[Entries taken from a collection]
>>>
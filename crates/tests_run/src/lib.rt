//! Tests of `run_threads`, on engines over the plain population of one warehouse: a crate's own tests would prove it
//! again.
#![tactic(auto)]

#[cfg(test)]
mod books;
#[cfg(test)]
mod capped_tests;
#[cfg(test)]
mod deck_tests;
#[cfg(test)]
mod following;
#[cfg(test)]
mod following_tests;
#[cfg(test)]
mod held;
#[cfg(test)]
mod held_tests;
#[cfg(test)]
mod meeting;
#[cfg(test)]
mod noting;
#[cfg(test)]
mod noting_tests;
#[cfg(test)]
mod overtaking;
#[cfg(test)]
mod overtaking_tests;
#[cfg(test)]
mod run_tests;
#[cfg(test)]
mod stage;
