//! What came of inputs.
ghost use Rattle.std.specs.Prelude.{◌≡◌, ◌+◌, ◌^◌, ◌<◌};
ghost use Rattle.run_threads.specs.Tally.{inputs_in, with_outcome};

use money::Refusal;

/// What came of a terminal's inputs.
#[derive(Clone, Copy, Debug, Default, PartialEq, Eq)]
pub struct Tally {
    /// Transactions that committed.
    pub commits: u32,
    /// New-Orders that were rolled back, for an item that isn't in ITEM.
    pub rollbacks: u32,
    /// Inputs that the terminal gave up.
    pub gave_up: u32,
    /// Inputs refused for memory, the order cap or the commit cap.
    pub refused: u32,
}

impl Tally {
    /// Counts one outcome more.
    pub(crate) fn count(&mut self, outcome: &Result<u64, Refusal>)
        requires { inputs_in self.old + 1 < 2 ^ 32 }
        ensures { self.new ≡ with_outcome outcome.now self.old }
    {
        match outcome {
            Ok(_) => self.commits += 1,
            Err(Refusal::ItemNotValid { .. }) => self.rollbacks += 1,
            Err(Refusal::GaveUp) => self.gave_up += 1,
            Err(_) => self.refused += 1,
        }
    }
}
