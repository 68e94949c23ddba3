//! A terminal that commits while its logger syncs.
ghost use Rattle.std.specs.Prelude.{◌≡◌, [], IfOk};
ghost use Rattle.lane_logger.specs.Found.{new_files};
ghost use Rattle.book.specs.Parts.{IsOpenedAs, IsLedgerOf, base_of, loggers_of, terminals_of};

use crate::held::{BESIDE, Held, Passing};
use crate::stage::{follower, one_log, parts};
use book::{Engine, Parts, Seats};
use lane_logger::LoggedRun;
use log_disk::Memory;
use money::Refusal;
use run_threads::{Desks, run};
use std::alloc::Global;
use std::marker::Brand;
use std::sync::Wait;
use std::test::Fail;
use std::thread::Threads;

/// Runs 200 inputs at one terminal, beside a logger of which a sync is held. Answers how many have committed, and how
/// many were acknowledged.
fn run_of<K: LoggedRun + Send + Sync, R: Threads + Wait + Sync>(
    rt: &R,
    alloc: Global,
    parts: Parts,
    passing: &Passing,
) -> Result<(u64, u64), Refusal>
    requires run { IsOpenedAs parts K.run }
    requires ledger { IsLedgerOf parts K.name K.parts }
    requires named { K.found ≡ new_files 1 K.run.first.scale 0 }
    requires loggers { (loggers_of parts ≡ 1) × (base_of parts ≡ 0) }
    requires terminals { terminals_of parts ≡ 1 }
{
    let (engine, seats) = Engine::<K>::open(parts);
    let Seats {
        clock,
        loggers,
        terminals,
    } = seats;
    let disk = Held {
        disk: Memory::new(alloc),
        passing,
    };
    let logs = one_log(alloc, engine.population(), engine.board(), loggers, disk)?;
    let stations = follower(alloc, engine.population().scale(), passing)?;
    let desks = Desks { clock, terminals };
    let outcome = run(rt, alloc, engine, desks, logs, stations, 200)?;
    Ok((outcome.counts.commits, outcome.counts.acknowledged))
}

#[test]
fn a_terminal_commits_while_its_logger_syncs(rt: HostRuntime) -> Result<(), Fail> {
    let passing = Passing::default();
    let parts = parts(&rt, rt.alloc(), 1, 1)?;
    let (commits, acknowledged) = run_of::<Brand, _>(&rt, rt.alloc(), parts, &passing)?;
    assert!(rt; commits > u64::from(BESIDE));
    assert_eq!(rt; acknowledged, commits);
    assert_eq!(rt; (passing.held(), passing.in_vain()), (1, 0));
    Ok(())
}
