//! What a run comes to, and what its log files recover to.

use crate::stage::plain;
use book::{Closed, Entry, Run};
use log_disk::{Disk, Memory};
use money::Refusal;
use recover::recover;
use recover_progress::Progress;
use run_threads::Outcome;
use std::alloc::Global;
use std::sync::Arc;
use tables::{Input, Tables};

/// What a database comes to: up to which epoch it is durable, its commits, and W_YTD of its warehouse, in cents.
#[derive(Clone, Copy, Debug, PartialEq, Eq)]
pub(crate) struct Books {
    durable: u64,
    commits: u64,
    pub(crate) year_to_date: i64,
}

impl Books {
    /// Those of a run.
    pub(crate) fn of_run<K: Run, D: Disk + Drop>(
        outcome: &mut Outcome<K, D>,
    ) -> Result<Books, Refusal> {
        Ok(Books {
            durable: outcome.counts.durable,
            commits: outcome.counts.commits,
            year_to_date: year_to_date(&outcome.closed.tables()?),
        })
    }

    /// Those that log files recover to.
    pub(crate) fn recovered(alloc: Global, disks: (Memory, Memory)) -> Result<Books, Refusal> {
        let population = plain(alloc)?;
        let unwatched = Progress::of(Vec::new(alloc));
        let found = recover(alloc, &population, &mut [disks.0, disks.1], &unwatched)?;
        Ok(Books {
            durable: found.durable,
            commits: found.commits,
            year_to_date: year_to_date(&found.tables),
        })
    }
}

/// W_YTD of the warehouse, in cents.
fn year_to_date(tables: &Tables) -> i64 {
    match tables.warehouses.get(&1) {
        Some(row) => row.year_to_date.amount(),
        None => 0,
    }
}

/// What was paid: H_AMOUNT of all Payments that have committed, in cents.
pub(crate) fn paid<K: Run>(closed: &Closed<K>) -> i64 {
    let amounts = closed.history().iter().map(|entry| amount(entry));
    amounts.fold(0i64, |sum, amount| sum.saturating_add(amount))
}

/// H_AMOUNT of an entry's Payment, in cents, and 0 where it is no Payment.
fn amount(entry: &Arc<Entry, Global>) -> i64 {
    match &entry.input {
        Input::Payment(payment) => payment.amount.amount(),
        _ => 0,
    }
}
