//! Those who go to work in a run.
ghost use Rattle.std.specs.Prelude.{◌≡◌, ◌≤◌, length, map, All, Some, IfOk, vec_capacity, [], IfErr};
ghost use Rattle.money.specs.declared.refusal.Refusal.TheVariants.{OutOfMemory};
ghost use Rattle.lane_logger.specs.Found.{IsFoundIn};
ghost use Rattle.run_threads.specs.Clocks.{clocks};
ghost use Rattle.run_threads.specs.Tally.{inputs_in};

use crate::ending::{LoggerRoom, TerminalRoom};
use crate::pace::{Pace, Paced};
use crate::worker::{Station, TerminalThread};
use crate::writer::Writer;
use board::ClockSeat;
use book::{Engine, Run, TerminalSeats};
use lane_logger::LoggedRun;
use log_disk::Disk;
use logger::Logger;
use money::Refusal;
use std::alloc::{AllocError, Global};
use terminals::Gate;

/// The seats of an engine's clock and terminals.
#[derive(Drop)]
pub struct Desks<K: Run> {
    pub clock: ClockSeat,
    pub terminals: TerminalSeats<K>,
}

/// Those who go to work in a run, with the memory that their ends take.
#[derive(Drop)]
pub(crate) struct Crew<K: LoggedRun, G: Gate, D: Disk, P: Pace> {
    pub(crate) workers: Vec<TerminalThread<K, G>>,
    pub(crate) writers: Vec<Writer<K, D, P>>,
    pub(crate) ends: TerminalRoom<K>,
    pub(crate) turns: LoggerRoom<K, D, P>,
}

/// The terminals and loggers that go to work. `OutOfMemory` is the only refusal.
pub(crate) fn crew_of<K: LoggedRun, G: Gate + Drop, D: Disk + Drop, P: Pace + Drop>(
    alloc: Global,
    engine: &Engine<K>,
    desks: Desks<K>,
    logs: Vec<Paced<Logger<D>, P>>,
    stations: Vec<Station<G>>,
) -> Result<Crew<K, G, D, P>, Refusal>
    requires clock { desks.clock.board ≡ K.run.board }
    requires logs { All (λ log. IsFoundIn K.run.board K.found D.is_modelled D.seen D.story log.inner) logs.items }
    requires terminals { (desks.terminals.left ≡ K.parts) × (length stations.items ≡ K.parts) }
    requires decks { All (λ station. station.deck.scale ≡ K.run.first.scale) stations.items }
    ensures count { IfOk result (λ crew. length crew.workers.items ≡ K.parts) }
    ensures idle { IfOk result (λ crew. All (λ worker. inputs_in worker.tally ≡ 0) crew.workers.items) }
    ensures own { IfOk result (λ crew.
        map (λ worker. worker.terminal.deck) crew.workers.items ≡ map (λ station. station.deck) stations.items) }
    ensures tallies { IfOk result (λ crew. (crew.ends.tallies.items ≡ [])
        × (length crew.workers.items ≤ vec_capacity crew.ends.tallies)) }
    ensures shares { IfOk result (λ crew. (crew.ends.shares.items ≡ [])
        × (length crew.workers.items ≤ vec_capacity crew.ends.shares)) }
    ensures decks { IfOk result (λ crew. (crew.ends.decks.items ≡ [])
        × (length crew.workers.items ≤ vec_capacity crew.ends.decks)) }
    ensures turned { IfOk result (λ crew. (crew.turns.turned.items ≡ [])
        × (length crew.writers.items ≤ vec_capacity crew.turns.turned)) }
    ensures files { IfOk result (λ crew. (crew.turns.files.items ≡ [])
        × (length crew.writers.items ≤ vec_capacity crew.turns.files)) }
    ensures paces { IfOk result (λ crew. (crew.turns.paces.items ≡ [])
        × (length crew.writers.items ≤ vec_capacity crew.turns.paces)) }
    ensures only_memory { IfErr result (λ refusal. refusal ≡ OutOfMemory) }
{
    let Desks { clock, terminals } = desks;
    let workers = staffed(alloc, engine, terminals, stations)?;
    let writers = manned(alloc, engine, clock, logs)?;
    let ends = TerminalRoom::new(alloc, workers.len())?;
    let turns = LoggerRoom::new(alloc, writers.len())?;
    Ok(Crew {
        workers,
        writers,
        ends,
        turns,
    })
}

/// The terminals at their stations. `OutOfMemory` is the only refusal.
fn staffed<K: Run, G: Gate + Drop>(
    alloc: Global,
    engine: &Engine<K>,
    seats: TerminalSeats<K>,
    stations: Vec<Station<G>>,
) -> Result<Vec<TerminalThread<K, G>>, Refusal>
    requires seats { (seats.left ≡ K.parts) × (length stations.items ≡ K.parts) }
    requires decks { All (λ station. station.deck.scale ≡ K.run.first.scale) stations.items }
    ensures count { IfOk result (λ workers. length workers.items ≡ K.parts) }
    ensures idle { IfOk result (λ workers. All (λ worker. inputs_in worker.tally ≡ 0) workers.items) }
    ensures own { IfOk result (λ workers.
        map (λ worker. worker.terminal.deck) workers.items ≡ map (λ station. station.deck) stations.items) }
    ensures only_memory { IfErr result (λ refusal. refusal ≡ OutOfMemory) }
{
    let (mut seats, mut stations) = (seats, stations);
    stations.as_mut_slice().reverse();
    let mut workers = Vec::new(alloc);
    while let Some(station) = stations.pop() {
        let Some(seat) = seats.next() else {
            unreachable!()
        };
        workers.push(TerminalThread::new(alloc, engine, seat, station)?)?;
    }
    Ok(workers)
}

/// The loggers at work, the first of them with the clock.
fn manned<K: LoggedRun, D: Disk + Drop, P: Pace + Drop>(
    alloc: Global,
    engine: &Engine<K>,
    clock: ClockSeat,
    logs: Vec<Paced<Logger<D>, P>>,
) -> Result<Vec<Writer<K, D, P>>, AllocError>
    requires clock { clock.board ≡ K.run.board }
    requires logs { All (λ log. IsFoundIn K.run.board K.found D.is_modelled D.seen D.story log.inner) logs.items }
    ensures loggers { IfOk result (λ writers.
        map (λ writer. writer.appender.logger.logger) writers.items ≡ map (λ log. log.inner) logs.items) }
    ensures clocks { IfOk result (λ writers.
        map (λ writer. writer.clock) writers.items ≡ clocks (Some clock) (length logs.items)) }
{
    let mut clock = Some(clock);
    let mut writers = Vec::new(alloc);
    for log in logs {
        writers.push(Writer::new(engine, log.inner, log.pace, clock.take()))?;
    }
    Ok(writers)
}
<<<
What this task involves: Which lines above include the word "TerminalThread"? Return each one.

Written answer:
use crate::worker::{Station, TerminalThread};
    pub(crate) workers: Vec<TerminalThread<K, G>>,
) -> Result<Vec<TerminalThread<K, G>>, Refusal>
        workers.push(TerminalThread::new(alloc, engine, seat, station)?)?;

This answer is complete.